Effect of Plasma on Hydrophobicity Migration of Contaminated HTV Silicone Rubber

Abstract

Hydrophobicity and hydrophobic migration are important properties of silicone rubber composite materials, particularly for high voltage external insulation applications. These properties help to prevent water from penetrating the material and compromising its insulating properties. However, over time, contamination can occur on the surface of silicone rubber, reducing its hydrophobicity and ultimately its insulating performance. Plasma, a unique fourth state of matter, contains a high concentration of ions, electrons, and reactive groups. When plasma is used to treat the surface of HTV silicone rubber, it can modify the surface chemistry and change the hydrophobic properties of the material. Plasma treatment can be used to restore the hydrophobicity of contaminated silicone rubber, allowing it to retain its insulating properties. In this article, we analyze the effect of plasma treatment on contaminated HTV silicone rubber. By exposing the contaminated material to a specific intensity of plasma and then immediately testing its hydrophobic migration properties, we propose a mechanism for how plasma can restore the hydrophobicity of the silicone rubber.
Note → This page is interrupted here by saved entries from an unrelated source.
//! What is written, and what of it is read again.
mod answers;
mod startups;

ghost use Rattle.std.specs.Prelude.{◌<◌, length, IfOk};
ghost use Rattle.rl_wire.specs.Line.{IsInOrder};
ghost use Rattle.rl_wire.specs.Message.{AreAscending};

use crate::{
    Message, Part, StateKind, payload_text, push_implementation, push_payload, push_state,
    write_answer, write_part,
};
use rl_names::{Name, NoMemory, Seq, Text, Version};
use std::alloc::Global;
use std::test::Fail;

/// Texts, and each as a JSON string.
const QUOTED: [(&str, &str); 7] = [
    ("", "\"\""),
    ("a()\n", "\"a()\\n\""),
    ("f(\"\\\\d\")", "\"f(\\\"\\\\\\\\d\\\")\""),
    ("\u{8}\t\n\u{c}\r", "\"\\b\\t\\n\\f\\r\""),
    (
        "\0\u{1}\u{b}\u{1f} \u{7f}",
        "\"\\u0000\\u0001\\u000b\\u001f \u{7f}\"",
    ),
    ("</script>\u{2028}\u{2029}", "\"</script>\u{2028}\u{2029}\""),
    ("\u{e9}\u{29fc}\u{1d49e}", "\"\u{e9}\u{29fc}\u{1d49e}\""),
];

#[test]
fn texts_are_json_strings(rt: HostRuntime) -> Result<(), Fail> {
    let alloc = rt.alloc();
    for (text, quoted) in QUOTED {
        let payload = payload_text(alloc, text, "", &[])?;
        let wanted = format!(in alloc; "[{quoted},{{}},{{}}]")?;
        assert_eq!(rt; payload.as_str(), wanted.as_str());
        let payload = payload_text(alloc, "b()\n", text, &[])?;
        let wanted = if text.is_empty() {
            format!(in alloc; "[\"b()\\n\",{{}},{{}}]")?
        } else {
            format!(in alloc; "[\"b()\\n\",{{\"css\":[{quoted}]}},{{}}]")?
        };
        assert_eq!(rt; payload.as_str(), wanted.as_str());
        let mut line = String::from_str(alloc, "before ")?;
        push_state(alloc, &mut line, text, "ready")?;
        let wanted = format!(in alloc; "before mw.loader.state({{{quoted}:\"ready\"}});\n")?;
        assert_eq!(rt; line.as_str(), wanted.as_str());
    }
    Ok(())
}

const MODULE_LINE: &str = "mw.loader.implement(\"a@96okj\",\"a()\\n\",{},{});";

const MESSAGES_LINE: &str =
    "mw.loader.implement(\"m\\\"@y3ph2\",\"\",{\"css\":[\"b{}\\n\"]},{\"gone\":\"\u{29fc}gone\u{29fd}\",\"greet\":\"Hello\"});";

const STATE_LINE: &str = "mw.loader.state({\"zz\":\"missing\"});";

/// Two messages with the keys `gone` and `greet`.
fn two_messages(alloc: Global) -> Result<Vec<Message>, NoMemory>
    ensures { IfOk result (λ v. AreAscending v.items) }
{
    let mut messages = Vec::new(alloc);
    messages.push(Message {
        key: Text::of(alloc, "gone")?,
        text: Text::of(alloc, "\u{29fc}gone\u{29fd}")?,
    })?;
    messages.push(Message {
        key: Text::of(alloc, "greet")?,
        text: Text::of(alloc, "Hello")?,
    })?;
    Ok(messages)
}

/// The module `a`, which brings a script alone.
fn module_a(alloc: Global) -> Result<Part, Fail>
    ensures { IfOk result IsInOrder }
{
    Ok(Part::Impl {
        name: Name::of(alloc, "a")?,
        version: Version::read(b"96okj").ok_or("no version")?,
        script: Text::of(alloc, "a()\n")?,
        styles: Text::of(alloc, "")?,
        messages: Seq::of(Vec::new(alloc)),
    })
}

/// A module whose name has a quotation mark, with styles and messages.
fn module_m(alloc: Global) -> Result<Part, Fail>
    ensures { IfOk result IsInOrder }
{
    Ok(Part::Impl {
        name: Name::of(alloc, "m\"")?,
        version: Version::read(b"y3ph2").ok_or("no version")?,
        script: Text::of(alloc, "")?,
        styles: Text::of(alloc, "b{}\n")?,
        messages: Seq::of(two_messages(alloc)?),
    })
}

fn state(alloc: Global, name: &str, kind: StateKind) -> Result<Part, Fail>
    ensures { IfOk result IsInOrder }
{
    Ok(Part::State {
        name: Text::of(alloc, name)?,
        kind,
    })
}

#[test]
fn parts_are_lines(rt: HostRuntime) -> Result<(), Fail> {
    let alloc = rt.alloc();
    let a = module_a(alloc)?;
    let m = module_m(alloc)?;
    let missing = state(alloc, "zz", StateKind::Missing)?;
    let bad = state(alloc, "", StateKind::Error)?;
    assert_eq!(rt; write_part(alloc, &a)?.as_str(), MODULE_LINE);
    assert_eq!(rt; write_part(alloc, &m)?.as_str(), MESSAGES_LINE);
    assert_eq!(rt; write_part(alloc, &missing)?.as_str(), STATE_LINE);
    let answer = write_answer(alloc, &[a, m, missing, bad])?;
    let wanted = format!(in alloc;
        "{MODULE_LINE}\n{MESSAGES_LINE}\n{STATE_LINE}\nmw.loader.state({{\"\":\"error\"}});\n"
    )?;
    assert_eq!(rt; answer.as_str(), wanted.as_str());
    Ok(())
}

#[test]
fn an_implementation_goes_last(rt: HostRuntime) -> Result<(), Fail> {
    let alloc = rt.alloc();
    let version = Version::read(b"96okj").ok_or("no version")?;
    let mut body = String::from_str(alloc, "before\n")?;
    push_implementation(alloc, &mut body, "a", version, "a()\n", "", &[])?;
    let wanted = format!(in alloc; "before\n{MODULE_LINE}\n")?;
    assert_eq!(rt; body.as_str(), wanted.as_str());
    Ok(())
}

#[test]
fn a_payload_goes_into_its_line(rt: HostRuntime) -> Result<(), Fail> {
    let alloc = rt.alloc();
    let version = Version::read(b"y3ph2").ok_or("no version")?;
    let messages = two_messages(alloc)?;
    let payload = payload_text(alloc, "", "b{}\n", messages.as_slice())?;
    let mut body = String::from_str(alloc, "before\n")?;
    push_payload(alloc, &mut body, "m\"", version, payload.as_str())?;
    let wanted = format!(in alloc; "before\n{MESSAGES_LINE}\n")?;
    assert_eq!(rt; body.as_str(), wanted.as_str());
    Ok(())
}

/// The bytes with others in the place of the one at `at`.
fn spliced(alloc: Global, bytes: &[u8], at: usize, put: &[u8]) -> Result<Vec<u8>, NoMemory>
    requires { at < length bytes.now }
{
    let mut made = Vec::from_slice(alloc, &bytes[..at])?;
    made.extend_from_slice(put)?;
    made.extend_from_slice(&bytes[at + 1..])?;
    Ok(made)
}

/// The number of the line in which the byte at `at` stands, counted from 1.
fn line_at(bytes: &[u8], at: usize) -> usize
    requires { at < length bytes.now }
{
    let before = bytes[..at].iter().filter(|b| **b == b'\n').count();
    before.saturating_add(1)
}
We also discuss the factors that can influence the effectiveness of plasma treatment, such as the plasma intensity, exposure time, and the nature of the contaminants. Overall, this research highlights the potential of plasma treatment as a method for restoring the hydrophobicity of contaminated HTV silicone rubber, thereby improving its insulating performance and extending its lifespan in high voltage external insulation applications.